I like principle #3 of the principles from the SAFe framework: Assume variability, preserve options. It’s a very useful guiding principle for anyone creating products, especially in tech.
Customers are very picky. They have very specific needs. Traditionally, companies used to pay a lot of money to research those customer needs at length. The idea was that if you’re going to invest a lot of time and money into making an awesome product, you have to be sure that you are addressing a customer need, and addressing it as precisely as you can.

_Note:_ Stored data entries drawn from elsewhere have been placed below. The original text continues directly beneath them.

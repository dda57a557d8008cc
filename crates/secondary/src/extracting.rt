// The key that an index has for a record.
ghost use Rattle.std.specs.Prelude.{ℕ, ◌≡◌, ◌==◌, ◌+◌, ◌<◌, IfOk, IfSome, take, drop, length, nat_le, position, None, Some, if◌then◌else◌};
ghost use Rattle.std.specs.List.{slice_get};
ghost use Rattle.std.specs.Option.{option_copied};
ghost use Rattle.je_order.specs.declared.limits.TheConstants.{KEY_LIMIT as MOST};
ghost use Rattle.store_model.specs.Indexes.{fields_of, key_in};
ghost use Rattle.secondary.specs.Fields.{field_behind};

use je_order::{KEY_LIMIT, Octets};
use std::alloc::{AllocError, Global};
use store_model::Extract;

// Where the first separator stands, if there is one.
fn separator_in(bytes: &[u8], separator: u8) -> Option<usize>
    ensures at { result ≡ position (λ byte. byte == separator) bytes.now }
    ensures within { IfSome result (λ end. end < length bytes.now) }
{
    bytes.iter().position(|byte| *byte == separator)
}

// The bytes in front of the first separator.
fn first_field<'a>(bytes: &'a [u8], separator: u8) -> &'a [u8]
    ensures { Some result.now ≡ slice_get (fields_of separator bytes.now) 0 }
{
    match separator_in(bytes, separator) {
        Some(end) => &bytes[..end],
        None => bytes,
    }
}

// What stands behind the first separator, if there is one: the fields but the first.
fn behind_field<'a>(bytes: &'a [u8], separator: u8) -> Option<&'a [u8]>
    ensures { (n : ℕ) → slice_get (fields_of separator bytes.now) (n + 1) ≡ field_behind separator (option_copied result) n }
{
    match separator_in(bytes, separator) {
        Some(end) => Some(&bytes[end + 1..]),
        None => None,
    }
}

// The field with that number. It looks at the bytes up to its end alone.
fn field_in<'a>(value: &'a [u8], number: u32, separator: u8) -> Option<&'a [u8]>
    ensures { option_copied result ≡ slice_get (fields_of separator value.now) number }
{
    let mut rest = value;
    let mut left = number;
    'fields: while left > 0 {
        let Some(behind) = behind_field(rest, separator) else {
            return None;
        };
        rest = behind;
        left -= 1;
    }
    Some(first_field(rest, separator))
}

// A field's bytes as far as a key may be long.
fn as_key<'a>(field: &'a [u8]) -> &'a [u8]
    ensures { result.now ≡ take MOST field.now }
{
    if field.len() > KEY_LIMIT {
        return &field[..KEY_LIMIT];
    }
    field
}

// So many bytes at an offset, where all are there.
fn slice_in<'a>(value: &'a [u8], offset: u32, len: u32) -> Option<&'a [u8]>
    ensures { option_copied result ≡ if nat_le (offset + len) (length value.now) then Some (take len (drop offset value.now)) else None }
{
    let offset = offset as usize;
    let len = len as usize;
    if value.len() < offset {
        return None;
    }
    let rest = &value[offset..];
    if rest.len() < len {
        return None;
    }
    Some(&rest[..len])
}

/// The key that an index has for a record with that data, as a part of it; None where it has none. It takes
/// the time of the bytes up to the key's end.
pub fn key_in<'a>(extract: &Extract, value: &'a [u8]) -> Option<&'a [u8]>
    ensures { option_copied result ≡ key_in extract.now value.now }
{
    match extract {
        Extract::ByteSlice { offset, length } => slice_in(value, *offset, *length),
        Extract::Field { number, separator } => {
            match field_in(value, *number, *separator) {
                Some(field) => Some(as_key(field)),
                None => None,
            }
        }
    }
}

/// The same as bytes of its own. The only error is out of memory.
pub fn extract(alloc: Global, extract: &Extract, value: &[u8]) -> Result<Option<Octets>, AllocError>
    ensures { IfOk result (λ key. key ≡ key_in extract.now value.now) }
{
    match key_in(extract, value) {
        Some(key) => Ok(Some(Octets::from_slice(alloc, key)?)),
        None => Ok(None),
    }
}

About 20 years ago, leaner and nimbler companies realized there was a cheaper and faster way to build products addressing customer needs even more precisely than cash-rich companies willing to dish out on research could ever do. Companies that tested multiple product design options in the market were able to more accurately understand what customers wanted.
It’s useful to think of products as tests of hypotheses about the market. For example, a company building a cool new portable kayak is testing a hypothesis that there is a market need for kayaks that are more portable than the ones that existed before. You test that hypothesis by trying to sell the kayak. In the most basic terms, if you manage to sell it, your hypothesis was right.
Assuming variability and preserving options means you should constantly maintain several different hypotheses about the ideal kayak design before locking in on one of them. For example, you should have a longer kayak, a shorter kayak, a heavier kayak and a lighter kayak, then see which one best matches your customer’s needs. Once you find out which kayak your customer preferred, lock in on that one, and try even more specific variations on design.
This method gives you more solid grounding than research ever could: you have proved that your product matches customer needs using the most solid evidence possible: the customer actually used or even paid for your product.
Source: SAFe
In this drawing, the x-axis is time, the arrows pointing to the right are different designs being tested, and the yellow lines are learning points. When you take this approach, it’s important to consistently stop to learn which designs worked and which designs did not. Weed out the worst performers, then repeat.